# Blind Baselines Beat Membership Inference Attacks for Foundation Models

This repository contains the code for the paper "Blind Baselines Beat Membership Inference Attacks for Foundation Models".

### Abstract

Membership inference (MI) attacks try to determine if a data sample was used to train a machine learning model. 
For foundation models trained on unknown Web data, MI attacks are often used to detect copyrighted training materials, measure test set contamination, or audit machine unlearning. 
Unfortunately, we find that evaluations of MI attacks for foundation models are flawed, because they sample members and non-members from different distributions. 
For 9 published MI evaluation datasets, we show that blind attacks—that distinguish the member and non-member distributions without looking at any trained model—outperform state-of-the-art MI attacks. 
Existing evaluations thus tell us nothing about membership leakage of a foundation model’s training data.

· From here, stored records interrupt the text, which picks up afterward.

ghost use Rattle.std.specs.Prelude.{◌≡◌, ◌<◌, IfSome, IfNone, OnErr, OnOk, length};
ghost use Rattle.data_queue.specs.Change.{IsChange};
ghost use Rattle.log_rule.specs.Plays.{joined, split_left, split_right};
ghost use Rattle.log_ring.specs.Seats.{IsIdle, Loses, Misses, Posts, Takes, view_of};

use crate::plays::{Cut, Glue};
use crate::ring::{LogRing, Place};
use atomic_table::Badge;
use data_queue::{Change, Full};
use log_rule::View;
use std::mem;

/// The right to post to one log, which a thread holds. The first seat alone takes, splits others off and joins them.
#[derive(Drop)]
pub struct LogSeat {
    pub badge: Badge<View>,
    pub ghost one: { length badge.views ≡ 1 },
    pub ghost idle: { IsIdle (view_of badge) },
}

impl LogSeat {
    /// Makes a poster's seat. A log has eight at most.
    pub fn split(&mut self, ring: &LogRing) -> LogSeat
        requires ring { self.old.badge.table_id ≡ ring.now.table.shared.table_id }
        requires first { self.old.badge.id ≡ 0 }
        requires few { 0 < (view_of self.old.badge).seats }
        ensures same { (self.new.badge.table_id ≡ self.old.badge.table_id) × (self.new.badge.id ≡ 0) }
        ensures view { view_of self.new.badge ≡ split_left (view_of self.old.badge) }
        ensures new { (result.badge.table_id ≡ self.old.badge.table_id) × (view_of result.badge ≡ split_right (view_of self.old.badge)) }
    {
        let mut seat: Place = mem::replace(&mut self.badge, Badge::blank()).into_seat();
        let new = ring.table.shared.split_seat::<Cut>(&mut seat);
        self.badge = seat.into_badge();
        LogSeat {
            badge: new.into_badge(),
        }
    }

    /// Takes a poster's seat back.
    pub fn join(&mut self, ring: &LogRing, other: LogSeat)
        requires ring { (self.old.badge.table_id ≡ ring.now.table.shared.table_id) × (other.badge.table_id ≡ ring.now.table.shared.table_id) }
        requires first { self.old.badge.id ≡ 0 }
        ensures same { (self.new.badge.table_id ≡ self.old.badge.table_id) × (self.new.badge.id ≡ 0) }
        ensures view { view_of self.new.badge ≡ joined (view_of self.old.badge) (view_of other.badge) }
    {
        let mut seat: Place = mem::replace(&mut self.badge, Badge::blank()).into_seat();
        let LogSeat { badge } = other;
        let other: Place = badge.into_seat();
        ring.table.shared.join_seat::<Glue>(&mut seat, other);
        self.badge = seat.into_badge();
    }

    /// Posts an entry, by three atomic steps: a position is drawn, the head loaded, and the entry written.
    ///
    /// # Errors
    ///
    /// `Full` exactly where the head that was loaded leaves no cell for the position that was drawn. The mark is up then,
    /// the position is given up, and nothing was posted.
    pub fn post(&mut self, ring: &LogRing, c: Change) -> Result<(), Full>
        requires ring { self.old.badge.table_id ≡ ring.now.table.shared.table_id }
        requires change { IsChange c }
        requires budget { 0 < (view_of self.old.badge).budget }
        ensures same { (self.new.badge.table_id ≡ self.old.badge.table_id) × (self.new.badge.id ≡ self.old.badge.id) }
        ensures posted { OnOk result (Posts (length ring.now.queue.cells) c (view_of self.old.badge) (view_of self.new.badge)) }
        ensures full { OnErr result (Loses (length ring.now.queue.cells) (view_of self.old.badge) (view_of self.new.badge)) }
    {
        let mut seat: Place = mem::replace(&mut self.badge, Badge::blank()).into_seat();
        let done = ring.post(&mut seat, c);
        self.badge = seat.into_badge();
        done
    }

    /// Takes the entry at the head, by three atomic steps: the head is loaded, then its cell, and the head goes on. `None`
    /// exactly where the cell's word has the phase tag of the pass before, so that no entry stands there yet.
    pub fn take(&mut self, ring: &LogRing) -> Option<Change>
        requires ring { self.old.badge.table_id ≡ ring.now.table.shared.table_id }
        requires first { (self.old.badge.id ≡ 0) × ((view_of self.old.badge).cells ≡ length ring.now.queue.cells) }
        ensures same { (self.new.badge.table_id ≡ self.old.badge.table_id) × (self.new.badge.id ≡ 0) }
        ensures taken { IfSome result (λ c. Takes (length ring.now.queue.cells) c (view_of self.old.badge) (view_of self.new.badge)) }
        ensures none { IfNone result (Misses (length ring.now.queue.cells) (view_of self.old.badge) (view_of self.new.badge)) }
    {
        let mut seat: Place = mem::replace(&mut self.badge, Badge::blank()).into_seat();
        let found = ring.take(&mut seat);
        self.badge = seat.into_badge();
        found
    }
}
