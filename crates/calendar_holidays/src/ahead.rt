// The holidays that the days of a call come to, one day after the other.
ghost use Rattle.std.specs.Prelude.{◌≡◌, ℕ, ◌≤◌, length};
ghost use Rattle.refusal.specs.Questions.{Pass};
ghost use Rattle.calendar_holidays.specs.Holidays.{listed, holidays_question};

use std::marker::Model;

// The entries of a list in order that no day so far has passed, so that a day need not look from the list's start.
#[derive(Drop)]
pub struct HolidaysAhead<'a> {
    ahead: &'a [u32],
}

impl<'a> Model for HolidaysAhead<'a> {
    ghost use Rattle.std.specs.Prelude.{List, ℕ};
    ghost use Rattle.std.specs.List.Sorted.{IsStrictlyIncreasing};

    ghost Value = { List ℕ };

    ghost view = { λ holidays. holidays.ahead.now };

    ghost invariant = { λ holidays. IsStrictlyIncreasing holidays.ahead.now };
}

impl<'a> HolidaysAhead<'a> {
    #[tactic(auto, using(crate::proofs::Holidays::rises))]
    pub fn new(holidays: &'a [u32]) -> HolidaysAhead<'a>
        requires { holidays_question holidays.now ≡ Pass }
        ensures { result ≡ holidays.now }
    {
        HolidaysAhead { ahead: holidays }
    }

    // Whether a date is listed. What is listed of later dates stays; an earlier date is not to be asked for any more.
    pub fn lists(&mut self, date: u32) -> bool
        ensures now { result ≡ listed date self.old }
        ensures later { (later : ℕ) → date ≤ later → listed later self.new ≡ listed later self.old }
    {
        self.ahead = crate::entries_from(self.ahead, date);
        match self.ahead {
            [next, ..] => *next == date,
            [] => false,
        }
    }
}
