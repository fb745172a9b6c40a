// The list of holidays: question 9, whether a date is listed, and the list gone through along with the days of a call.
#![tactic(auto)]

mod ahead;

ghost use Rattle.std.specs.Prelude.{◌≡◌, ◌<◌, ◌≤◌, ltb, length};
ghost use Rattle.std.specs.List.{prefix_len};
ghost use Rattle.calendar_holidays.specs.Holidays.{listed, holiday_question, holidays_question};
ghost use Rattle.calendar_holidays.specs.Inside.{entries_from};

pub use ahead::HolidaysAhead;
use calendar_dates::Date;
use refusal::Refusal;

// Whether a date, as a number, stands in the list.
pub fn is_listed(date: u32, holidays: &[u32]) -> bool
    ensures { result ≡ listed date holidays.now }
{
    holidays.contains(&date)
}

// How many entries a list begins with that are earlier than a date.
fn earlier_entries(holidays: &[u32], date: u32) -> usize
    ensures value { result ≡ prefix_len (λ entry. ltb entry date) holidays.now }
    ensures inside { result ≤ length holidays.now }
{
    holidays.iter().take_while(|entry| **entry < date).count()
}

// The entries from the first one on that is not earlier than a date.
pub fn entries_from(holidays: &[u32], date: u32) -> &[u32]
    ensures { result.now ≡ entries_from date holidays.now }
{
    &holidays[earlier_entries(holidays, date)..]
}

// Question 9, of one entry.
// Kept: an entry is given by its index, since a refusal names it by that.
#[tactic(auto, unfolding(crate::specs::Holidays::holiday_question))]
fn holiday_question(holidays: &[u32], index: usize) -> Result<(), Refusal>
    requires { index < length holidays.now }
    ensures { result ≡ holiday_question holidays.now index }
{
    let passes = index < 400
        && Date::from(holidays[index]).is_date()
        && (index == 0 || holidays[index - 1] < holidays[index]);
    if !passes {
        return Err(Refusal::BadHoliday(index));
    }
    Ok(())
}

// Question 9.
pub fn holidays_question(holidays: &[u32]) -> Result<(), Refusal>
    ensures { result ≡ holidays_question holidays.now }
{
    for index in 0..holidays.len() {
        holiday_question(holidays, index)?;
    }
    Ok(())
}
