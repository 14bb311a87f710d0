//! What a store that holds the calls of a process file has of types and cases: those of the file's serial run, journals and
//! all. The crate has no function; its statements are in `specs/` and `proofs/`.
#![tactic(auto)]
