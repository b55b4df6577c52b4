//! Trees by their numbers, and the trees of method lines.
ghost use Rattle.std.specs.Prelude.{◌≡◌, IfErr, IfOk, MatchOption, None, Some, map, slice_get};
ghost use Rattle.algebra.specs.HeldPaths.{Held};
ghost use Rattle.algebra.specs.declared.basic.Basic.TheVariants.{Const};
ghost use Rattle.conditions.specs.Conditions.{cond_of, value_of, IsCanonical, LeafC};
ghost use Rattle.book_check.specs.declared.refusal.Refusal.{Refusal};
ghost use Rattle.book_check.specs.Works.{IsUnbounded};
ghost use Rattle.book_check.specs.Conclusions.{table_value, tree_numbered, tests_only as tests_only_of};
ghost use Rattle.book_check.specs.Judges.{judge_near, judge_table, judge_value, number_value, own_near, AreCanonical};

use crate::judge::Judge;
use crate::names::{tests_either, tests_only};
use crate::refusal::Refusal;
use crate::values::{copied, leaf};
use crate::work::Work;
use algebra::Basic;
use conditions::Tree;
use paths::MethodId;
use std::alloc::Global;

/// The tree with this number.
pub fn tree_at<'a>(table: &'a [Tree], number: u32) -> Option<&'a Tree>
    ensures tree { MatchOption result (slice_get (map cond_of table.now) number ≡ None)
        (λ t. slice_get (map cond_of table.now) number ≡ Some (cond_of t.now)) }
{
    table.get(number as usize)
}

/// The number of the tree of a method's line.
pub fn line_number(lines: &[u32], m: MethodId) -> Option<u32>
    ensures { result ≡ slice_get lines.now m }
{
    lines.get(m.0 as usize).copied()
}

/// The tree with this number; const where there is none.
pub fn conclusion(
    alloc: Global,
    work: Work<'_>,
    judge: &Judge<'_>,
    number: u32,
) -> Result<Tree, Refusal>
    requires { AreCanonical (judge_table judge.now) }
    ensures known { IfOk result (λ r. IsCanonical (cond_of r)) }
    ensures value { IfOk result (λ r. (H : Held) → value_of (cond_of r) H ≡ judge_value judge.now number H) }
    ensures unbounded { IsUnbounded work.entry → IfErr result (λ e. e ≡ Refusal.NoMemory) }
{
    match tree_at(judge.table, number) {
        Some(tree) => copied(alloc, work, tree),
        None => Ok(leaf(Basic::Const)),
    }
}

/// The tree with this number; `none`, which is const, where there is none.
pub(crate) fn tree_or<'a>(table: &'a [Tree], number: u32, none: &'a Tree) -> &'a Tree
    requires canonical { AreCanonical (map cond_of table.now) }
    requires none { cond_of none.now ≡ LeafC Const }
    ensures known { IsCanonical (cond_of result.now) }
    ensures tree { cond_of result.now ≡ tree_numbered (slice_get (map cond_of table.now) number) }
    ensures value { (H : Held) → value_of (cond_of result.now) H ≡ table_value (map cond_of table.now) number H }
{
    match tree_at(table, number) {
        Some(tree) => tree,
        None => none,
    }
}

/// The tree of a method's line, which no copy is made of; `none`, which is const, where there is none.
pub(crate) fn line_tree<'a>(
    table: &'a [Tree],
    lines: &[u32],
    m: MethodId,
    none: &'a Tree,
) -> &'a Tree
    requires canonical { AreCanonical (map cond_of table.now) }
    requires none { cond_of none.now ≡ LeafC Const }
    ensures value { (H : Held) → value_of (cond_of result.now) H ≡ number_value (map cond_of table.now) (slice_get lines.now m) H }
{
    match line_number(lines, m) {
        Some(number) => tree_or(table, number, none),
        None => none,
    }
}

/// Whether the tree with this number tests only paths near this method.
pub fn is_near(judge: &Judge<'_>, m: MethodId, number: u32) -> bool
    ensures { result ≡ tests_only_of (judge_near judge.now m) (tree_numbered (slice_get (judge_table judge.now) number)) }
{
    match tree_at(judge.table, number) {
        Some(tree) => tests_either(judge.sets.rel(m), judge.sets.loc(m), tree),
        None => true,
    }
}

/// Whether the tree of a method's line tests only relevant paths of the method.
pub fn is_own_near(judge: &Judge<'_>, m: MethodId) -> bool
    ensures { result ≡ own_near judge.now m }
{
    let Some(number) = line_number(judge.lines, m) else {
        return true;
    };
    match tree_at(judge.table, number) {
        Some(tree) => tests_only(judge.sets.rel(m), tree),
        None => true,
    }
}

## How to run our attacks?
At the root of the repository, run the following to install required dependencies:

```pip install -r requirements.txt```

### Setting up Datasets

All datasets except for the Arxiv (1 month vs 1 month) dataset require no further setup, you can continue to the next step for all other datasets. (For arxiv1m_1m dataset, check [this section](#setting-up-the-arxiv-1-month-vs-1-month-dataset))

### Run Attacks

Run the ``run_attack.py`` script with the required command line arguments using the command below.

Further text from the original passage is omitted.